My post on the spectrum of coding agents is not even cold yet, and already two new names are trending: OpenAI's Codex in the cloud and Google's Jules.
On paper they feel familiar. Picture the terminal-based coding agents but with a web UI glued on top and the development environment moved to the cloud.
To evaluate them fairly, I presented both with the same task: migrating SQLAlchemy to SQLModel.
My verdict: it does not work.
Both claimed success, yet neither achieved working static typing (pyright
) or passing tests.
Jules did not even attempt to run any linting or tests.
Part of the problem lies in their approach to development environments.

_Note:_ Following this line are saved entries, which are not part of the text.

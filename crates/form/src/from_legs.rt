//! Bundles from their legs.

ghost use Rattle.std.specs.Prelude.{◌≡◌, ◌+◌, [], ◌∷◌, IsTrue, pos};
ghost use Rattle.std.specs.List.{list_all};
ghost use Rattle.form.specs.BundleOf.{are_legs, is_counted};
ghost use Rattle.form.specs.Legs.{AreAlike, AreLegs, IsFiller};
ghost use Rattle.form.specs.Bundles.{IsOnCount, bundle_legs, is_on_count, legs_in};
ghost use Rattle.form.specs.Vector.{is_same_bundle};

use crate::bundles::Bundle;
use crate::forms::Form;
use crate::legs::Leg;
use crate::limits::{MAX_COUNT, MAX_LEGS};

impl Bundle {
    /// The bundle of one option that counts once. Takes no memory.
    pub fn one(form: Form) -> Bundle
        ensures { legs_in result ≡ record { count = pos 1; form = form } ∷ [] }
    {
        let mut legs = [filler(); 4];
        legs[0] = Leg { count: 1, form };
        Bundle { size: 1, legs }
    }

    /// The bundle of these 1 to 4 legs, with counts from -1000 to 1000 but not 0, and forms of
    /// equal counts. Takes no memory.
    pub fn of(legs: &[Leg]) -> Bundle
        requires legs { AreLegs legs.now }
        requires alike { AreAlike legs.now }
        ensures { legs_in result ≡ legs.now }
    {
        Bundle::from_legs(legs)
    }

    /// The same of legs whose forms may have different counts. Takes no memory.
    pub fn from_legs(legs: &[Leg]) -> Bundle
        requires { AreLegs legs.now }
        ensures { legs_in result ≡ legs.now }
    {
        let mut four = [filler(); 4];
        four[..legs.len()].copy_from_slice(legs);
        Bundle {
            size: legs.len() as u8,
            legs: four,
        }
    }

    /// The legs that count, one to four. Takes no memory.
    pub fn as_slice(&self) -> &[Leg]
        ensures { result.now ≡ legs_in self.now }
    {
        &self.legs[..self.size as usize]
    }

    /// Whether each leg is on so many underlyings: its form has one entry more. Takes no memory.
    pub fn is_on(&self, underlyings: u8) -> bool
        ensures decides { result ≡ is_on_count (underlyings + 1) self.now }
        ensures forms { IsTrue result → IsOnCount (underlyings + 1) self.now }
    {
        let entries = u16::from(underlyings) + 1;
        self.as_slice()
            .iter()
            .all(|leg| u16::from(leg.form.count) == entries)
    }
}

/// Whether these are the legs of a bundle: 1 to 4, with counts from -1000 to 1000 but not 0. Takes
/// no memory.
pub fn are_legs(legs: &[Leg]) -> bool
    ensures decides { result ≡ are_legs legs.now }
    ensures legs { IsTrue result → AreLegs legs.now }
{
    let (some, few) = (!legs.is_empty(), legs.len() <= MAX_LEGS as usize);
    some && few && are_counted(legs)
}

/// Whether each count is one that a leg may have.
fn are_counted(legs: &[Leg]) -> bool
    ensures { result ≡ list_all is_counted legs.now }
{
    legs.iter().all(|leg| leg.count != 0 && leg.count.unsigned_abs() <= MAX_COUNT)
}

/// What stands past the last leg of a bundle.
fn filler() -> Leg
    ensures { IsFiller result }
{
    Leg {
        count: 0,
        form: Form {
            count: 2,
            entries: [0; 9],
        },
    }
}

/// Whether two bundles have the same legs in the same order. Takes no memory.
pub fn is_same_bundle(a: &Bundle, b: &Bundle) -> bool
    ensures { result ≡ is_same_bundle (bundle_legs a.now) (bundle_legs b.now) }
{
    a == b
}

Rather than using a Dockerfile as the environment definition,
they rely on prompt-based instructions (see AGENTS.md
).
I could envision this working for simple tasks, similar to Sweep's original vision —
I recently discovered they have pivoted to developing coding assistants for JetBrains.

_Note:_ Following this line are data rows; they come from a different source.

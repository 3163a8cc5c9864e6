//! Options of a bundle, each with how often it counts.

use crate::forms::Form;

/// A leg of a bundle: an option and how often it counts, from -1000 to 1000 and not 0. A bundle
/// that is bought buys a leg with a count above 0 and sells one with a count below 0.
#[derive(Clone, Copy, Debug, PartialEq, Eq)]
pub struct Leg {
    pub count: i16,
    pub form: Form,
}
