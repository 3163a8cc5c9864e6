//! Bundles of options: what an order buys or sells.

ghost use Rattle.std.specs.Prelude.{◌≡◌, ◌≤◌, All, drop, length, take};
ghost use Rattle.form.specs.Legs.{IsCounted, IsFiller};

use crate::legs::Leg;

/// One to four legs, of which the first `size` count. Those past them have count 0 and the form of
/// count 2 whose entries are all 0, so that equal lists of legs are equal bundles. The legs of an
/// order of a market are on the same underlyings; those of an order that is read in a reply line
/// may have forms of different counts.
#[derive(Clone, Copy, Debug, PartialEq, Eq)]
pub struct Bundle {
    pub size: u8,
    pub legs: [Leg; 4],
    ghost size_in_range: { (1 ≤ size) × (size ≤ 4) },
    ghost four_legs: { length legs ≡ 4 },
    ghost counted: { All IsCounted (take size legs) },
    ghost filled_up: { All IsFiller (drop size legs) },
}
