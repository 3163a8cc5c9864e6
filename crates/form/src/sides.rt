//! Sums that a sell subtracts from.

ghost use Rattle.std.specs.Prelude.{◌≡◌, unsigned_abs};
ghost use Rattle.exact_num.specs.Fits.{meaning};
ghost use Rattle.form.specs.Steps.{add_for_side};

use crate::orders::Side;
use exact_num::{Exact, Wide, plus_product};

/// The total and the product of `a` and `b`, which a sell subtracts: nothing is computed where one
/// of the two is 0, as most fills are and what many options pay. Takes no memory.
#[inline(always)]
pub fn add_for_side<N: Exact>(total: N, side: Side, a: N, b: N) -> Result<N, Wide>
    ensures { let limit = unsigned_abs N.LIMIT in
        meaning N.fraction result
        ≡ add_for_side limit (N.fraction total) side (N.fraction a) (N.fraction b) }
{
    if a.sign() == 0 || b.sign() == 0 {
        return Ok(total);
    }
    match side {
        Side::Buy => plus_product(total, a, b),
        Side::Sell => total.less_product(a, b),
    }
}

Their initial concept was to create a junior developer that handles issues and creates pull requests through GitHub integration.
Skipping the step of defining a development environment does not work for complex tasks yet.
One interesting observation: while Jules demonstrated better understanding of SQLModel and thus performed the conversion more effectively, it chose to refactor my Python code into something Java-like. This was neither requested nor Pythonic. Codex, on the other hand, was hallucinating the SQLModel API, but at least maintained the original coding style.
I am confident both will improve over time, but I do not yet see them as a threat to existing coding agents. They represent a new (browser-based) interface for coding agents, rather than a new class of agents. The UI/UX benefits simple issues, but requires direct integration with CI to be truly valuable. Once they natively integrate with GitHub or your preferred distributed VCS, I would certainly consider using this coding agent interface for simple issues (initially).
Less than a day has passed, and GitHub has announced its own cloud-based coding agent: GitHub Copilot Coding Agent. In this post, I argued that a cloud-based coding agent should be more closely integrated with the version control system. I got what I asked for!